Reklama

Kilka dni temu Sylwia Peretti podzieliła się z fanami niezwykle bolesnym wyznaniem. W 2023 roku jej serce rozpadło się na kawałki. Po stracie ukochanego syna, musiała zmierzyć się nie tylko z rozpaczą, ale i falą bezlitosnego hejtu. Dziś nie tylko mówi głośno o bólu, lecz także ogłasza zwycięstwo w sądzie – wygrana sprawa o naruszenie dóbr osobistych to jej symboliczny krok w stronę sprawiedliwości i wewnętrznego spokoju.

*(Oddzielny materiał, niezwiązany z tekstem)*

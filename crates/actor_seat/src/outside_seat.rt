//! The outside actor at its seat: its journal beside its end to each core.
//!
//! One thread owns it. The links are all that it shares with a core: it writes orders there and reads outcomes, and has no other way in.

ghost use Rattle.std.specs.Prelude.{◌≡◌, ◌↔◌, ◌+◌, ◌<◌, ◌≤◌, IfOk, OnErr, IsTrue, false, length};
ghost use Rattle.base_words.specs.Outstanding.{outstanding_count};
ghost use Rattle.base_words.specs.declared.names.TicketError.TheVariants.{Unknown};
ghost use Rattle.base_jobs.specs.Ready.{HasReadyJob};
ghost use Rattle.link_ends.specs.Calls.{Sends};
ghost use Rattle.link_ends.specs.Fits.{Fits};
ghost use Rattle.actor_desk.specs.Lanes.{FitsSent, IsGot};
ghost use Rattle.note_journal.specs.Passing.{IsAsked, KeepsRefusals, PassesOn};
ghost use Rattle.actor_desk.specs.Spending.{HoldsSome, Spends, booked};
ghost use Rattle.actor_desk.specs.Submissions.{Submits, numbered};
ghost use Rattle.actor_desk.specs.Tickets.{CollectsFrom, DetachesTicket, GetsAll, GetsNext, RedeemsTicket, RefusesTicket};
ghost use Rattle.link_ring.specs.Ends.{out_at};
ghost use Rattle.actor_seat.specs.OutsideSeats.{IsSeatedOutside, UsesOutside};

use actor_desk::RecordedDesk;
use base_jobs::Task;
use base_words::{CoreNo, Order, Outcome, SendError, Ticket, TicketError};
use link_ring::Ends;
use note_journal::{Refused, RunningJournal, Sink};
use std::marker::Model;

/// The outside actor's journal, which tells what it does with its submissions, and its end of the link to each core. It receives from nobody.
#[derive(Drop)]
pub struct OutsideSeat<J: Task<Out = u64>> {
    desk: RecordedDesk<J>,
    ends: Ends<J>,
}

impl<J: Task<Out = u64>> Model for OutsideSeat<J> {
    ghost use Rattle.std.specs.Prelude.{ℕ};
    ghost use Rattle.actor_seat.specs.OutsideSeats.{OutsideView};

    ghost Value = { OutsideView J ℕ };

    ghost use Rattle.link_ends.specs.Fits.{Fits};
    ghost use Rattle.actor_seat.specs.OutsideSeats.{IsSeatedOutside};

    ghost view = { λ s. record { desk = s.desk; ends = s.ends } };

    ghost invariant = { λ s. IsSeatedOutside (Fits J.meaning) (record { desk = s.desk; ends = s.ends }) };
}

impl<J: Task<Out = u64>> OutsideSeat<J> {
    /// A journal at these ends.
    pub fn of(desk: RecordedDesk<J>, ends: Ends<J>) -> Self
        requires { IsSeatedOutside (Fits J.meaning) (record { desk = desk; ends = ends }) }
        ensures is { result ≡ record { desk = desk; ends = ends } }
        ensures seated { IsSeatedOutside (Fits J.meaning) result }
    {
        OutsideSeat { desk, ends }
    }

    /// The journal, and the ends.
    pub fn into_parts(self) -> (RecordedDesk<J>, Ends<J>)
        ensures desk { result.0 ≡ self.desk }
        ensures ends { result.1 ≡ self.ends }
        ensures seated { IsSeatedOutside (Fits J.meaning) self }
    {
        let OutsideSeat { desk, ends } = self;
        (desk, ends)
    }

    /// The notes.
    pub fn journal(&self) -> &RunningJournal<u64>
        ensures { result.now ≡ self.now.desk.journal }
    {
        self.desk.journal()
    }

    /// The ends.
    pub fn ends(&self) -> &Ends<J>
        ensures { result.now ≡ self.now.ends }
    {
        &self.ends
    }

    /// How many submissions to one core may be outstanding.
    pub fn cap(&self) -> u16
        ensures cap { result ≡ self.now.desk.cap }
        ensures seated { IsSeatedOutside (Fits J.meaning) self.now }
    {
        self.desk.cap()
    }

    /// How many submissions to this core are outstanding.
    #[inline(always)]
    pub fn outstanding(&self, core: CoreNo) -> u64
        requires there { core < self.now.desk.cores }
        ensures { result ≡ outstanding_count core self.now.desk.journal.notes }
    {
        self.desk
            .outstanding(&self.ends.outs[core.0 as usize], core)
    }

    /// Whether a ticket is this actor's, and there is a core of its number. Any other ticket is `Unknown`.
    #[inline(always)]
    pub fn knows(&self, ticket: Ticket) -> bool
        ensures knows { IsTrue result ↔ ((ticket.from ≡ self.now.desk.actor) × (ticket.to < self.now.desk.cores)) }
        ensures unknown { result ≡ false → RefusesTicket ticket Unknown self.now.desk.journal.notes }
    {
        self.desk.knows(ticket)
    }

    /// Hands all notes that are kept to the sink, so that their places are free again. A sink that refuses leaves all as it was.
    ///
    /// # Errors
    ///
    /// `Refused` where the sink refuses.
    pub fn pass_on<S: Sink>(&mut self, sink: &mut S) -> Result<(), Refused>
        requires { S.has sink.old ≡ self.old.desk.journal.passed }
        ensures passes { PassesOn S.has S.refused self.old.desk.journal sink.old result self.new.desk.journal sink.new }
        ensures refusals { KeepsRefusals S.refused sink.old sink.new }
        ensures asked { IsAsked (S.asks sink.old) (S.asks sink.new) }
        ensures marked { S.mark sink.new ≡ S.mark sink.old }
        ensures rest { self.new ≡ record self.old { desk = record self.old.desk { journal = self.new.desk.journal } } }
        ensures seated { IsSeatedOutside (Fits J.meaning) self.new }
    {
        self.desk.pass_on(sink)
    }

    /// Sends an order on the end to this core, and notes it if it is accepted.
    ///
    /// # Errors
    ///
    /// Those of the link: `Closed`, `Full` and `Spent`, tried in this order. The order comes back, and nothing is noted.
    #[inline(always)]
    pub fn submit(&mut self, to: CoreNo, order: Order<J>) -> Result<Ticket, SendError<J>>
        requires there { to < self.old.desk.cores }
        requires room { length self.old.desk.journal.notes < self.old.desk.journal.room }
        requires ready { HasReadyJob J.meaning order }
        ensures submits { Submits to order self.old.desk result self.new.desk }
        ensures sends { Sends (out_at to self.old.ends).out (out_at to self.old.ends).credited order (out_at to self.new.ends).out (numbered result) }
        ensures credited { (out_at to self.new.ends).credited ≡ (out_at to self.old.ends).credited }
        ensures spends { IfOk result (λ _. Spends to 3 self.old.desk self.new.desk) }
        ensures uses { UsesOutside (Fits J.meaning) to self.old self.new }
    {
        self.desk.submit(self.ends.out_mut(to), to, order)
    }

    /// Collects all outcomes that the end to this core shows. How many there were.
    #[inline(always)]
    pub fn collect_from(&mut self, core: CoreNo) -> usize
        requires there { core < self.old.desk.cores }
        requires room { length self.old.desk.journal.notes + length (out_at core self.old.ends).out.sent ≤ self.old.desk.journal.room + (out_at core self.old.ends).out.got }
        ensures collects { CollectsFrom core self.old.desk result self.new.desk }
        ensures books { booked self.new.desk ≡ booked self.old.desk }
        ensures shown { GetsAll (out_at core self.old.ends).out (out_at core self.new.ends).out }
        ensures uses { UsesOutside (Fits J.meaning) core self.old self.new }
    {
        self.desk.collect_from(self.ends.out_mut(core), core)
    }

    /// Collects the next outcome that the end to this core shows, if there is one. Whether there was one.
    pub fn collect_one(&mut self, core: CoreNo) -> bool
        requires there { core < self.old.desk.cores }
        requires room { length self.old.desk.journal.notes + length (out_at core self.old.ends).out.sent ≤ self.old.desk.journal.room + (out_at core self.old.ends).out.got }
        ensures gets { GetsNext core self.old.desk self.new.desk (out_at core self.old.ends).out (out_at core self.new.ends).out result }
        ensures uses { UsesOutside (Fits J.meaning) core self.old self.new }
    {
        self.desk.collect_one(self.ends.out_mut(core), core)
    }

    /// The outcome of a submission, which is gone from then on.
    ///
    /// # Errors
    ///
    /// `Unknown` where nothing was accepted under the name; `Gone` where it was redeemed or detached before; `Pending` where its outcome
    /// isn't collected yet. Nothing changes.
    #[inline(always)]
    pub fn redeem(&mut self, ticket: Ticket) -> Result<Outcome<J, u64>, TicketError>
        requires there { ticket.to < self.old.desk.cores }
        requires room { HoldsSome ticket self.old.desk → length self.old.desk.journal.notes < self.old.desk.journal.room }
        ensures redeems { RedeemsTicket ticket self.old.desk result self.new.desk }
        ensures given { IfOk result (IsGot (out_at ticket.to self.old.ends).out ticket.number) }
        ensures fits { IfOk result (FitsSent (Fits J.meaning) (out_at ticket.to self.old.ends).out ticket.number) }
        ensures out { (out_at ticket.to self.new.ends).out ≡ (out_at ticket.to self.old.ends).out }
        ensures refused { OnErr result (self.new ≡ self.old) }
        ensures spends { IfOk result (λ _. Spends ticket.to 0 self.old.desk self.new.desk) }
        ensures uses { UsesOutside (Fits J.meaning) ticket.to self.old self.new }
    {
        let to = ticket.name().to;
        self.desk.redeem(self.ends.out_mut(to), ticket)
    }

    /// Nobody will ask for the outcome of a submission.
    ///
    /// # Errors
    ///
    /// `Unknown` and `Gone`, as `redeem`. Nothing changes.
    pub fn detach(&mut self, ticket: Ticket) -> Result<(), TicketError>
        requires there { ticket.to < self.old.desk.cores }
        requires room { HoldsSome ticket self.old.desk → length self.old.desk.journal.notes < self.old.desk.journal.room }
        ensures detaches { DetachesTicket ticket self.old.desk result self.new.desk }
        ensures out { (out_at ticket.to self.new.ends).out ≡ (out_at ticket.to self.old.ends).out }
        ensures refused { OnErr result (self.new ≡ self.old) }
        ensures spends { IfOk result (λ _. Spends ticket.to 0 self.old.desk self.new.desk) }
        ensures uses { UsesOutside (Fits J.meaning) ticket.to self.old self.new }
    {
        let to = ticket.name().to;
        self.desk.detach(self.ends.out_mut(to), ticket)
    }
}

Wzruszające słowa Sylwii Peretti. Zwróciła się do osieroconych matek

Dzień Matki dla wielu kobiet to czas radości, kwiatów i życzeń. Dla Sylwii Peretti to moment refleksji i głębokiego smutku. W poruszającym wpisie opublikowanym w mediach społecznościowych, była uczestniczka „Królowych życia” wspomniała o bólu, który w sobie nosi. W lipcu 2023 pożegnała jedyne dziecko, syna Patryka, który zginął tragicznie w wypadku samochodowym. Celebrytka wyciągnęła dłoń do wszystkich matek noszących w sercu stratę.

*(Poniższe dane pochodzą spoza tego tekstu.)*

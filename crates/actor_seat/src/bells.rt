//! The bells of all actors, in the hands of one who rings them.

ghost use Rattle.std.specs.Prelude.{◌≡◌, ◌+◌, ◌<◌, IfOk, length, replicate};
ghost use Rattle.std.specs.Option.{option_map};
ghost use Rattle.actor_seat.specs.Bells.{AreApart, bell_at, rung_at, rung_for, told_by};

use crate::bell::{Bell, OwnBell};
use base_sealed::SealedVec;
use base_words::{ActorNo, CoreNo, Note};
use std::alloc::{AllocError, Global};
use std::marker::Model;

/// A list has so many places beside those of its bells. Each thread writes to its own list as it rings, so what stands behind it in memory,
/// another thread's list perhaps, is kept off its lines.
const APART: usize = 8;

/// Who has something from this note: the receiver of an order that was sent, or the sender of a job or command that has its outcome.
#[inline(always)]
fn told(note: &Note<u64>) -> Option<u8>
    ensures { result ≡ told_by note.now }
{
    match note {
        Note::Sent(name, _) => Some(name.to.0),
        Note::Answered(name, _)
        | Note::Back(name, _)
        | Note::Returned(name, _)
        | Note::Done(name, _, _) => Some(name.from.0),
        _ => None,
    }
}

/// The bells of all cores of a house and of the outside actor, each at the number of its actor. Contracts see which bells they are, and how
/// often each was rung by these hands.
#[derive(Drop)]
pub struct Bells {
    bells: SealedVec<Bell, Global>,
}

impl Model for Bells {
    ghost use Rattle.actor_seat.specs.Bells.{AreInPlace, BellsView, bells_view};

    ghost Value = { BellsView };

    ghost view = { λ b. bells_view b.bells.items };

    ghost invariant = { λ b. AreInPlace b.bells.items };
}

impl Bells {
    /// A bell for each core, and one for the outside actor.
    ///
    /// # Errors
    ///
    /// If there is no memory.
    pub fn open(alloc: Global, cores: u8) -> Result<Self, AllocError>
        ensures rings { IfOk result (λ bells. bells.rings ≡ replicate (cores + 1) 0) }
        ensures apart { IfOk result (λ bells. AreApart bells.names) }
    {
        let room = Vec::with_capacity(alloc, cores as usize + 1 + APART)?;
        let mut bells = SealedVec::sealed(room);
        for actor in 0..cores as usize + 1 {
            let bell = Bell::open(alloc, ActorNo(actor as u8))?;
            bells.push_reserved(bell);
        }
        Ok(Bells { bells })
    }

    /// The same bells, in other hands.
    ///
    /// # Errors
    ///
    /// If there is no memory.
    pub fn again(&self, alloc: Global) -> Result<Self, AllocError>
        ensures names { IfOk result (λ bells. bells.names ≡ self.now.names) }
        ensures rings { IfOk result (λ bells. bells.rings ≡ replicate (length self.now.rings) 0) }
    {
        let room = Vec::with_capacity(alloc, self.bells.len().saturating_add(APART))?;
        let mut bells = SealedVec::sealed(room);
        for place in 0..self.bells.len() {
            let bell = self.bells[place].again()?;
            bells.push_reserved(bell);
        }
        Ok(Bells { bells })
    }

    /// The bell of this actor, in hands of its own, for an `L` to sleep on.
    ///
    /// # Errors
    ///
    /// If it is in too many.
    pub fn own<L>(&self, actor: ActorNo) -> Result<OwnBell<L>, AllocError>
        requires { actor < length self.now.rings }
        ensures { IfOk result (λ own. own ≡ bell_at actor self.now) }
    {
        let bell = self.bells[actor.0 as usize].again()?;
        Ok(OwnBell::of(bell))
    }

    /// Tells this actor, if there is one, that there is something for it.
    fn ring_actor(&mut self, actor: u8)
        ensures { self.new ≡ record self.old { rings = rung_at actor self.old.rings } }
    {
        let place = actor as usize;
        if place < self.bells.len() {
            self.bells[place].ring();
        }
    }

    /// Tells the worker of this core, if there is one, that there is something for it.
    pub fn ring(&mut self, core: CoreNo)
        ensures { self.new ≡ record self.old { rings = rung_at core self.old.rings } }
    {
        self.ring_actor(core.0);
    }

    /// Rings the bell of each actor that has something from these notes.
    #[inline(always)]
    pub fn ring_for(&mut self, notes: &[Note<u64>])
        ensures { self.new ≡ record self.old { rings = rung_for notes.now self.old.rings } }
    {
        for note in notes {
            if let Some(actor) = told(note) {
                self.ring_actor(actor);
            }
        }
    }
}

Sylwia Peretti podkreśliła, że Dzień Matki nie dla każdej kobiety jest czasem radości – niektóre muszą przetrwać go z bólem i tęsknotą. Wspomnienie dziecka, którego już nie ma, stało się brutalnym kontrastem do święta pełnego radości. Sylwia podkreśliła, że tęsknota nie mija, a pustka po stracie syna jest wciąż tak samo dotkliwa.

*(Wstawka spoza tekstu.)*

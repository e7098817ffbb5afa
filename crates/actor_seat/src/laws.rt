//! Laws over the definitions alone. Their bodies are empty: each contract is the law.

ghost use Rattle.std.specs.Prelude.{ℕ};
ghost use Rattle.actor_seat.specs.Bells.{NotesAreForLinks};

/// A note rings the bell of an actor just if it says that an order was sent to the actor, or that an outcome was given to it.
pub fn notes_are_for_links()
    ensures { NotesAreForLinks ℕ }
{}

Sylwia Peretti, Viva! 20/2023
Olga Majrowska

Myślami jestem szczególnie blisko tych mam, które tęsknią. Tych, które nie mogą już przytulić. Które walczą każdego dnia o oddech. Przytulam te, które marzą o macierzyństwie, ale ich marzenie wciąż pozostaje niespełnione. Przytulam tych, którzy noszą w sobie brak relacji... lub taką, która bolała bardziej niż cisza. Dziś jestem z tymi, którzy milczą, bo świat ich nie rozumie. Z tymi, których serce codziennie niesie ciężar. Z tymi, którzy po prostu — muszą przetrwać ten dzień... Bo nie każda historia jest jasna. Nie każda mama dziś świętuje. Nie każde dziecko ma dziś do kogo powiedzieć: kocham Cię. Dlatego dzisiaj, bez warunków i pytań — wysyłam Ci miłość i wsparcie. Czułość zamiast słów. Obecność zamiast rad”, napisała.

W kontekście tragedii, jakiej doświadczyła, ten wpis był nie tylko osobistym manifestem, ale i głosem tysięcy kobiet, które również nie mogą już przytulić swoich dzieci. Dla wielu to Sylwia Peretti stała się symbolem matczynej miłości, która nie zna granic czasu ani życia.

Czytaj też: Emerytka z Torunia nie miała litości dla Jerzego Owsiaka. Teraz za swój czyn może zapłacić wysoką cenę

Sylwia Peretti z synem
Instagram @sylwia_peretti
Sylwia Peretti
Sylwia Peretti Fot. Screen Instastories sylwia_peretti za Plejada.pl

Sprawiedliwość po stracie – Peretti wygrywa w sądzie

Zaledwie chwilę po tym, jak podzieliła się swoim przejmującym wpisem, Sylwia Peretti ogłosiła kolejne, tym razem prawne zwycięstwo. Sprawa dotyczyła naruszenia dóbr osobistych celebrytki – i jak poinformowała sama zainteresowana, zakończyła się na jej korzyść. Po stracie syna gwiazda Królowych życia zmierzyła się falą hejtu. Nie zamierzała zostawiać tak tej sprawy. Niedawno zapadł prawomocny wyrok w sprawie jednego z internautów – Bartosza K.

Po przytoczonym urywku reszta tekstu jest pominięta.